Below are the entries. Set down exactly the line containing "builds.iter().filter(|build| self.both_ran(*build)).count()" and each line after it.
Start of Task data
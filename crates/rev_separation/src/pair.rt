//! Two commands, seen in builds.
ghost use Rattle.std.specs.Prelude.{◌≡◌};

use crate::build::{Build, Fate};

/// Two commands, and which builds count for them.
#[derive(Clone, Copy)]
pub(crate) struct Pair {
    /// Whether those builds count in which the anchor failed, or those in which it passed.
    pub(crate) failed: bool,
    /// The command by whose begin the other one is seen.
    pub(crate) anchor: usize,
    /// The other one.
    pub(crate) other: usize,
    /// How many milliseconds after that begin it is seen.
    pub(crate) after: u32,
}

impl Pair {
    ghost use Rattle.std.specs.Prelude.{count_by};
    ghost use Rattle.rev_separation.specs.Pairs.{both_ran, counts, had_not_begun, had_not_ended, ran_alone};

    // Whether a build counts.
    fn counts(self, build: &Build) -> bool
        ensures { result ≡ counts self.failed build.now.fate }
    {
        match build.fate {
            Fate::Failed => self.failed,
            Fate::Passed => !self.failed,
            Fate::Neither => false,
        }
    }

    // Whether both commands ran in a build that counts.
    fn both_ran(self, build: &Build) -> bool
        ensures { result ≡ both_ran self build.now }
    {
        let counts = self.counts(build);
        let has_anchor = build.ran(self.anchor);
        let has_other = build.ran(self.other);
        counts && has_anchor && has_other
    }

    // Whether both ran in a build that counts, and the other one had not ended.
    fn had_not_ended(self, build: &Build) -> bool
        ensures { result ≡ had_not_ended self build.now }
    {
        if !self.counts(build) {
            return false;
        }
        match build.run_of(self.anchor) {
            None => false,
            Some(first) => match build.run_of(self.other) {
                None => false,
                Some(run) => run.is_open(first.moment(self.after)),
            },
        }
    }

    // Whether both ran in a build that counts, and the other one had not begun.
    fn had_not_begun(self, build: &Build) -> bool
        ensures { result ≡ had_not_begun self build.now }
    {
        if !self.counts(build) {
            return false;
        }
        match build.run_of(self.anchor) {
            None => false,
            Some(first) => match build.run_of(self.other) {
                None => false,
                Some(run) => run.is_ahead(first.moment(self.after)),
            },
        }
    }

    // Whether the anchor ran in a build that counts, and the other command did not.
    fn ran_alone(self, build: &Build) -> bool
        ensures { result ≡ ran_alone self build.now }
    {
        let counts = self.counts(build);
        let has_anchor = build.ran(self.anchor);
        let has_other = build.ran(self.other);
        counts && has_anchor && !has_other
    }

    /// In how many of the builds that count both ran.
    pub(crate) fn both(self, builds: &[Build]) -> usize
        ensures { result ≡ count_by (both_ran self) builds.now }
    {
        builds.iter().filter(|build| self.both_ran(*build)).count()
    }

    /// In how many of these the other one had not ended.
    pub(crate) fn not_ended(self, builds: &[Build]) -> usize
        ensures { result ≡ count_by (had_not_ended self) builds.now }
    {
        builds
            .iter()
            .filter(|build| self.had_not_ended(*build))
            .count()
    }

    /// In how many of these the other one had not begun.
    pub(crate) fn not_begun(self, builds: &[Build]) -> usize
        ensures { result ≡ count_by (had_not_begun self) builds.now }
    {
        builds
            .iter()
            .filter(|build| self.had_not_begun(*build))
            .count()
    }

    /// In how many of the builds that count the anchor ran, and the other one did not.
    pub(crate) fn alone(self, builds: &[Build]) -> usize
        ensures { result ≡ count_by (ran_alone self) builds.now }
    {
        builds.iter().filter(|build| self.ran_alone(*build)).count()
    }
}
End of Task data
== Solution to the exercise ==
        builds.iter().filter(|build| self.both_ran(*build)).count()
    }

    /// In how many of these the other one had not ended.
    pub(crate) fn not_ended(self, builds: &[Build]) -> usize
        ensures { result ≡ count_by (had_not_ended self) builds.now }
    {
        builds
            .iter()
            .filter(|build| self.had_not_ended(*build))
            .count()
    }

    /// In how many of these the other one had not begun.
    pub(crate) fn not_begun(self, builds: &[Build]) -> usize
        ensures { result ≡ count_by (had_not_begun self) builds.now }
    {
        builds
            .iter()
            .filter(|build| self.had_not_begun(*build))
            .count()
    }

    /// In how many of the builds that count the anchor ran, and the other one did not.
    pub(crate) fn alone(self, builds: &[Build]) -> usize
        ensures { result ≡ count_by (ran_alone self) builds.now }
    {
        builds.iter().filter(|build| self.ran_alone(*build)).count()
    }
}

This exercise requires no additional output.